Employer-sponsored day care facilities that accept children from the local community can now expect a higher subsidy from the Japanese government. A higher public assistance fund will be available to these day care facilities by April 2015 if they accept children of non-employees as well. This is in part of the government’s efforts to provide more options to parents who have young children that they cannot leave alone.
Only around 1,600 employer-sponsored day care facilities operate within Japan, as limited subsidies and for a short time of five years generally characterize the support such establishment receives. And with high costs of maintaining and operating one, only 3% of companies have adhered to this program. For such centers to qualify, it must meet the required staff and equipment necessary to operate, and must allot a quarter or more of the slots to local residents. Once eligible, subsidies can be received from the local or central government over an indefinite period of time. The amount of subsidy is estimated to cover 60% of the operational expenses and could be higher if admission will be extended to infants up to 2 years old and more staff-to-child personnel is hired, probably around 70% of the operational costs.

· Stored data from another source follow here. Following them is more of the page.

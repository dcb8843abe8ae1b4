// The numbers of a line, read byte by byte: decimal, with single spaces between.
//
// What is known of a line stands beside the words that its numbers are kept in, so a line may come in
// any number of chunks.
ghost use Rattle.std.specs.Prelude.{◌≡◌, List, [], false, ℕ, ◌<◌, length};
ghost use Rattle.number_lines.specs.Lines.{reads, after, digit_after, ends, begun, held_by, Goes};

use numerals::with_digit;

// The number that is not ended yet, where it has a digit, and how many numbers are kept; or that the
// line is no list of numbers at all.
#[derive(Clone, Copy)]
pub enum Scan {
    Reads { value: Option<u64>, count: usize },
    Spoilt,
}

// What stands at the end of a line or of the chunk: what was read, and where the line ended the index
// after its byte 10. Where it did not, the chunk is used up, and the line goes on in the next one.
#[derive(Clone, Copy)]
pub struct Next {
    pub scan: Scan,
    pub at: Option<usize>,
}

const LINE_END: u8 = 10;

impl Scan {
    // No byte yet.
    #[tactic(auto, unfolding(crate::specs::Lines::held_by))]
    pub fn new() -> Self
        ensures { (words : List ℕ) → held_by words result ≡ reads [] 0 false }
    {
        Scan::Reads {
            value: None,
            count: 0,
        }
    }

    // Whether the end of input ends a line here.
    pub fn any(self) -> bool
        ensures { (words : List ℕ) → 0 < length words → result ≡ begun (held_by words self) }
    {
        match self {
            Scan::Reads { value, count } => value.is_some() | (0 < count),
            Scan::Spoilt => true,
        }
    }

    // A digit more, or a byte that is none.
    fn digit(self, byte: u8) -> Self
        ensures { (words : List ℕ) → held_by words result ≡ digit_after byte (held_by words self) }
    {
        let Scan::Reads { value, count } = self else {
            return Scan::Spoilt;
        };
        match with_digit(value.unwrap_or(0), byte) {
            Some(value) => Scan::Reads {
                value: Some(value),
                count,
            },
            None => Scan::Spoilt,
        }
    }

    // The number ends here: it is kept where it has a digit and there is room.
    pub fn ended(self, words: &mut [u64]) -> Self
        ensures { held_by words.new result ≡ ends (length words.old) (held_by words.old self) }
    {
        let Scan::Reads { value, count } = self else {
            return Scan::Spoilt;
        };
        let Some(value) = value else {
            return Scan::Spoilt;
        };
        if words.len() <= count {
            return Scan::Spoilt;
        }
        words[count] = value;
        Scan::Reads {
            value: None,
            count: count + 1,
        }
    }

    // A byte more.
    #[tactic(auto, unfolding(crate::specs::Lines::after))]
    fn push(self, byte: u8, words: &mut [u64]) -> Self
        ensures { held_by words.new result ≡ after (length words.old) (held_by words.old self) byte }
    {
        if byte == b' ' {
            self.ended(words)
        } else {
            self.digit(byte)
        }
    }

    // Goes along a chunk from an index to the end of a line.
    pub fn next(self, chunk: &[u8], from: usize, words: &mut [u64]) -> Next
        ensures { Goes (length words.old) (held_by words.old self) chunk.now from words.new result }
    {
        let mut scan = self;
        for k in from..chunk.len() {
            let byte = chunk[k];
            if byte == LINE_END {
                return Next {
                    scan,
                    at: Some(k + 1),
                };
            }
            scan = scan.push(byte, words);
        }
        Next { scan, at: None }
    }
}
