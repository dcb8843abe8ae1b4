// Lines of numbers, decimal and with single spaces between: read byte by byte, and printed.
#![tactic(auto)]

mod scan;
mod spaced;

pub use scan::{Next, Scan};
pub use spaced::print_words;
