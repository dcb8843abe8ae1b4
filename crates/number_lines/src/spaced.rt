// Numbers printed, with a space before each.
ghost use Rattle.std.specs.Prelude.{[], ◌∷◌, ◌+◌, ◌*◌, ◌≤◌, length};
ghost use Rattle.numerals.specs.Print.{spaced};
ghost use Rattle.texts.specs.Written.{Wrote};

// Writes a space and a number.
fn print_word(word: u64, out: &mut [u8], at: usize) -> usize
    requires { at + 21 ≤ length out.old }
    ensures { Wrote out.old at (spaced (word ∷ [])) out.new result }
{
    let from = texts::put(out, at, b' ');
    numerals::decimal(word, out, from)
}

// Writes a space before each number.
pub fn print_words(words: &[u64], out: &mut [u8], at: usize) -> usize
    requires { at + 21 * length words.now ≤ length out.old }
    ensures { Wrote out.old at (spaced words.now) out.new result }
{
    let mut end = at;
    for &word in words {
        end = print_word(word, out, end);
    }
    end
}
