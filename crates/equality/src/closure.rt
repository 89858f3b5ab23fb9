//! Congruence closure, which keeps a log of its merges and a row of labels after each.
ghost use Rattle.std.specs.Prelude.{◌≡◌, ℕ, ◌+◌, ◌<◌, ◌≤◌, [], ◌∷◌, length, take, IsTrue, ◌↔◌, IfOk, vec_capacity, slice_index, ◌≢◌};
ghost use Rattle.theory.specs.Literals.{claim};
ghost use Rattle.theory.specs.Terms.{at};
ghost use Rattle.congruence.specs.Table.{arg};
ghost use Rattle.congruence.specs.Merges.{relabel, label, twin, merge, pass, sweep, settle, absorb, pair_of};
ghost use Rattle.congruence.specs.Log.{RestsOn, Formed};
ghost use Rattle.equality.specs.Index.{SameHead};
ghost use Rattle.equality.specs.Logs.{log, label_at, Tabled, Own, Renamed, Ran};
ghost use Rattle.congruence.proofs.Formed.{Formed-prop};

use crate::terms::Terms;
use congruence::{Claim, Reason, Step};
use std::alloc::{AllocError, Global};
use std::array;
use theory::Literal;

/// The merges so far, oldest first. `rows[k][t]` is the label of `t` after the first `k` merges, for
/// each `k` up to their number; in later rows the labels of terms do not count, and numbers past the
/// terms have their own label in every row. There is a row for each term and one more, which is
/// enough, for there are no more merges than terms. A merge writes the labels of the terms alone
/// into the next row, so that it costs no more than there are terms.
// Steps and rows stand apart, for a row comes first. That a term is one of the table is asked by
// each method: no type of a number could name the table.
#[derive(Drop)]
pub(crate) struct Closure<'a> {
    pub(crate) terms: Terms<'a>,
    pub(crate) steps: Vec<Step>,
    pub(crate) rows: Vec<[u16; 256]>,
    ghost formed: { Formed terms.records.now (log steps.items) } by { Formed-prop terms.records.now (log steps.items) },
    ghost few: { length steps.items ≤ length terms.records.now },
    ghost rows_long: { length rows.items ≡ length terms.records.now + 1 },
    ghost tabled: { Tabled rows.items steps.items },
    ghost own: { Own (length terms.records.now) rows.items },
    ghost room: { length terms.records.now ≤ vec_capacity steps },
}

/// The labels before any merge: each term has its own number.
fn own_labels() -> [u16; 256]
    ensures { (t : ℕ) → t < 256 → slice_index result t ≡ t }
{
    // Below 256: a `try_from` would have to answer for what cannot come.
    array::from_fn(|t| t as u16)
}

/// The label that a merge makes of `x`.
fn renamed(x: u16, high: u16, low: u16) -> u16
    ensures { result ≡ relabel high low x }
{
    if x == high { low } else { x }
}

/// Writes into `rows[k + 1]` the labels of the first `m` terms in `rows[k]`, with `high` replaced by
/// `low`; all else stays.
fn rename(rows: &mut [[u16; 256]], k: usize, m: usize, high: u16, low: u16)
    requires next { k + 1 < length rows.old }
    requires few { m ≤ 256 }
    ensures { Renamed rows.old rows.new k m high low }
{
    // By number: what an adapter of `iter_mut` wrote would not be known afterwards.
    for t in 0..m {
        rows[k + 1][t] = renamed(rows[k][t], high, low);
    }
}

impl<'a> Closure<'a> {
    ghost use Rattle.equality.specs.Closures.{records_of, steps_of, merged};

    /// The merges that nothing asserted leads to.
    pub(crate) fn new(heap: Global, table: Terms<'a>) -> Result<Closure<'a>, AllocError>
        ensures terms { IfOk result (λ c. records_of c ≡ table.entry.records.now) }
        ensures settled { let ts = table.entry.records.now in
            IfOk result (λ c. merged c ≡ settle ts (length ts) []) }
    {
        let m = table.records.len();
        let steps = Vec::with_capacity(heap, m)?;
        let rows = vec![in heap; own_labels(); m + 1]?;
        let mut closure = Closure {
            terms: table,
            steps,
            rows,
        };
        closure.settle();
        Ok(closure)
    }

    /// The number of merges so far.
    pub(crate) fn merges(&self) -> usize
        ensures { result ≡ length (steps_of self.now) }
    {
        self.steps.len()
    }

    /// The label of a term after the first `k` merges.
    pub(crate) fn label(&self, k: usize, t: u16) -> u16
        requires merge { k ≤ length (steps_of self.now) }
        requires term { t < 256 }
        ensures { result ≡ label_at (steps_of self.now) k t }
    {
        self.rows[k][usize::from(t)]
    }

    /// Whether two terms with one head have arguments of the same labels.
    fn same_arguments(&self, t: u16, u: u16) -> bool
        requires term { t < length (records_of self.now) }
        requires other { u < length (records_of self.now) }
        requires head { SameHead (records_of self.now) t u }
        ensures { let x = at (records_of self.now) t in let y = at (records_of self.now) u in
            let num = label (merged self.now) in
            IsTrue result ↔ ((i : ℕ) → i < x.arity → num (arg x i) ≡ num (arg y i)) }
    {
        let k = self.merges();
        let x = self.terms.records[usize::from(t)];
        let y = self.terms.records[usize::from(u)];
        // One argument after the other, of which there are two at most.
        if x.arity > 0 && self.label(k, x.args[0]) != self.label(k, y.args[0]) {
            return false;
        }
        if x.arity > 1 && self.label(k, x.args[1]) != self.label(k, y.args[1]) {
            return false;
        }
        true
    }

    /// The nearest earlier term that is congruent to `t` and has another label.
    fn twin(&self, t: u16) -> Option<u16>
        requires { t < length (records_of self.now) }
        ensures { result ≡ twin (records_of self.now) (label (merged self.now)) t }
    {
        let k = self.merges();
        let mut near = self.terms.nearest(t);
        while let Some(u) = near {
            if self.label(k, t) != self.label(k, u) && self.same_arguments(t, u) {
                return Some(u);
            }
            near = self.terms.nearest(u);
        }
        None
    }

    /// Merges the classes of two terms, and writes that into the log.
    fn merge(&mut self, a: u16, b: u16, reason: Reason)
        requires left { a < length (records_of self.old) }
        requires right { b < length (records_of self.old) }
        requires apart { label (merged self.old) a ≢ label (merged self.old) b }
        requires rests { let num = label (merged self.old) in
            RestsOn (records_of self.old) (λ p x y. Unit {0}) num a b reason }
        ensures terms { self.new.terms ≡ self.old.terms }
        ensures ran { Ran (steps_of self.old) (steps_of self.new)
            (merge (merged self.old) a b reason ∷ merged self.old) }
    {
        let k = self.merges();
        let x = self.label(k, a);
        let y = self.label(k, b);
        let high = x.max(y);
        let low = x.min(y);
        rename(&mut self.rows, k, self.terms.records.len(), high, low);
        self.steps.push_reserved(Step {
            left: a,
            right: b,
            high,
            low,
            reason,
        });
    }

    /// Merges a term with its twin, if it has one.
    fn pass(&mut self, t: u16)
        requires { t < length (records_of self.old) }
        ensures terms { self.new.terms ≡ self.old.terms }
        ensures ran { Ran (steps_of self.old) (steps_of self.new)
            (pass (records_of self.old) t (merged self.old)) }
    {
        if let Some(u) = self.twin(t) {
            self.merge(t, u, Reason::Congruence);
        }
    }

    /// Merges each term with its twin, in their order.
    fn sweep(&mut self)
        ensures terms { self.new.terms ≡ self.old.terms }
        ensures ran { Ran (steps_of self.old) (steps_of self.new)
            (sweep (records_of self.old) (length (records_of self.old)) (merged self.old)) }
    {
        for t in 0..self.terms.len() {
            self.pass(t);
        }
    }

    /// Sweeps until nothing is merged.
    fn settle(&mut self)
        ensures terms { self.new.terms ≡ self.old.terms }
        ensures ran { Ran (steps_of self.old) (steps_of self.new)
            (settle (records_of self.old) (length (records_of self.old)) (merged self.old)) }
    {
        for _ in 0..self.terms.len() {
            let merges = self.merges();
            self.sweep();
            if self.merges() == merges {
                return;
            }
        }
    }

    /// Closes the classes again after the literal `l` was put at position `p`.
    pub(crate) fn absorb(&mut self, claims: &[Claim], p: u16, l: Literal)
        requires known { claim l < length claims.now }
        requires left { (pair_of claims.now l).left < length (records_of self.old) }
        requires right { (pair_of claims.now l).right < length (records_of self.old) }
        ensures terms { self.new.terms ≡ self.old.terms }
        ensures ran { Ran (steps_of self.old) (steps_of self.new)
            (absorb (records_of self.old) claims.now p l (merged self.old)) }
    {
        if l % 2 != 0 {
            return;
        }
        let q = claims[usize::from(l / 2)];
        let k = self.merges();
        if self.label(k, q.left) == self.label(k, q.right) {
            return;
        }
        self.merge(q.left, q.right, Reason::Asserted(p));
        self.settle();
    }

    /// Keeps the first `k` merges.
    pub(crate) fn cut(&mut self, k: usize)
        requires { k ≤ length (steps_of self.old) }
        ensures terms { self.new.terms ≡ self.old.terms }
        ensures steps { (steps_of self.new) ≡ take k (steps_of self.old) }
    {
        self.steps.truncate(k);
    }
}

Concerns on the costs and in-house employee users have made companies reluctant to establish day-care facilities, according to Dai-ichi Life Research Institute Senior Chief Researcher Yasuko Matoba. In response to that, they were encouraged to open the facilities to the local community to have more enrollees. The government also encouraged smaller companies to put up day care programs in cooperation with other small firms to share of burden of operation and costs with each other.